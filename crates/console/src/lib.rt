// What the programs share: how they start and end, their arguments, the room for their input, what they read, and what they say of a
// refusal.
#![tactic(auto)]

pub mod argument;
pub mod hex;
pub mod input;
pub mod program;
mod reason;
pub mod refusal;
pub mod room;
#[cfg(test)]
mod tests;
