// What is said of a section that does not read: the refusal's number, its values, and a sentence.
ghost use Rattle.std.specs.Prelude.{Some};
ghost use Rattle.console.specs.Refusal.{refused_text, values_text, letter_text, letters_text, bytes_text, why_text, too_long_text};

use crate::hex::Escaped;
use crate::room::{MOST, ROOM};
use base::outcome::Answer;
use bflan::fault::Fault;
use bflan::read::ReadError;
use std::fmt;

// A refusal's values: one, or two with a comma between them.
#[derive(Clone, Copy)]
struct Values(Fault);

impl fmt::Display for Values {
    ghost output = { λ v. Some (values_text v.0) };

    #[tactic(auto, unfolding(crate::specs::Refusal::values_text))]
    fn fmt<W: fmt::Write>(&self, f: &mut fmt::Formatter<W>) -> fmt::Result {
        match self.0 {
            Fault::OtherLetters(letters) => write!(f, "{letters}"),
            Fault::PastEnd(offset, requested) => write!(f, "{offset}, {requested}"),
            Fault::NoZero(start) => write!(f, "{start}"),
        }
    }
}

// The number and the values: `refused 3 (4, 4)`.
#[derive(Clone, Copy)]
pub struct Refused(pub Fault);

impl fmt::Display for Refused {
    ghost output = { λ r. Some (refused_text r.0) };

    #[tactic(auto, using(crate::proofs::Refusals::first_number), unfolding(crate::specs::Refusal::refused_text))]
    fn fmt<W: fmt::Write>(&self, f: &mut fmt::Formatter<W>) -> fmt::Result {
        let number = self.0.numbers().0;
        let values = Values(self.0);
        write!(f, "refused {number} ({values})")
    }
}

// One of the four letters within quotes, which can be any byte: escaped as show_tracks does it in a text, and where it is no ASCII.
#[derive(Clone, Copy)]
struct Letter(u8);

impl fmt::Display for Letter {
    ghost output = { λ l. Some (letter_text l.0) };

    #[tactic(auto, unfolding(crate::specs::Refusal::letter_text))]
    fn fmt<W: fmt::Write>(&self, f: &mut fmt::Formatter<W>) -> fmt::Result {
        match self.0 {
            b'"' => f.write_str("\\\""),
            b'\\' => f.write_str("\\\\"),
            0x20..=0x7E => f.write_char(char::from(self.0)),
            _ => f.write(Escaped(self.0)),
        }
    }
}

// The four letters; the first is the number's lowest byte.
#[derive(Clone, Copy)]
struct Letters(usize);

impl fmt::Display for Letters {
    ghost output = { λ l. Some (letters_text l.0) };

    #[tactic(auto, unfolding(crate::specs::Refusal::letters_text, base::specs::Number::le))]
    fn fmt<W: fmt::Write>(&self, f: &mut fmt::Formatter<W>) -> fmt::Result {
        let [a, b, c, d, ..] = self.0.to_le_bytes();
        write!(f, "{}{}{}{}", Letter(a), Letter(b), Letter(c), Letter(d))
    }
}

// A count of bytes: `1 byte`, `4 bytes`.
#[derive(Clone, Copy)]
struct Bytes(usize);

impl fmt::Display for Bytes {
    ghost output = { λ b. Some (bytes_text b.0) };

    #[tactic(auto, unfolding(crate::specs::Refusal::bytes_text))]
    fn fmt<W: fmt::Write>(&self, f: &mut fmt::Formatter<W>) -> fmt::Result {
        match self.0 {
            1 => f.write_str("1 byte"),
            n => write!(f, "{n} bytes"),
        }
    }
}

// Why, up to the line's end. The Rust crate in rust/pai1 says it by the same sentences.
#[derive(Clone, Copy)]
pub struct Why(pub Fault);

impl fmt::Display for Why {
    ghost output = { λ w. Some (why_text w.0) };

    #[tactic(auto, unfolding(crate::specs::Refusal::why_text))]
    fn fmt<W: fmt::Write>(&self, f: &mut fmt::Formatter<W>) -> fmt::Result {
        match self.0 {
            Fault::OtherLetters(letters) => {
                let letters = Letters(letters);
                write!(
                    f,
                    ": the section's letters are \"{letters}\" and not \"pai1\""
                )
            }
            Fault::PastEnd(offset, requested) => {
                let bytes = Bytes(requested);
                write!(
                    f,
                    ": the section asks for {bytes} at offset {offset}, past its end"
                )
            }
            Fault::NoZero(start) => {
                write!(
                    f,
                    ": the text at offset {start} has no zero byte at its end"
                )
            }
        }
    }
}

// An input that fills the room is refused as a section over the limit is. (Where it ends is not looked for, so its length is not said.)
#[derive(Clone, Copy)]
pub struct TooLong;

impl fmt::Display for TooLong {
    ghost output = { λ _. Some too_long_text };

    #[tactic(auto, using(crate::proofs::Refusals::first_number), unfolding(crate::specs::Refusal::too_long_text))]
    fn fmt<W: fmt::Write>(&self, f: &mut fmt::Formatter<W>) -> fmt::Result {
        let number = ReadError::TooLong(ROOM).numbers().0;
        write!(f, "refused {number}: the input is longer than {MOST} bytes")
    }
}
══════════
TASK PROMPT: In the entries above, identify every line with the string "Fault".

TASK SOLUTION:
use bflan::fault::Fault;
struct Values(Fault);
            Fault::OtherLetters(letters) => write!(f, "{letters}"),
            Fault::PastEnd(offset, requested) => write!(f, "{offset}, {requested}"),
            Fault::NoZero(start) => write!(f, "{start}"),
pub struct Refused(pub Fault);
pub struct Why(pub Fault);
            Fault::OtherLetters(letters) => {
            Fault::PastEnd(offset, requested) => {
            Fault::NoZero(start) => {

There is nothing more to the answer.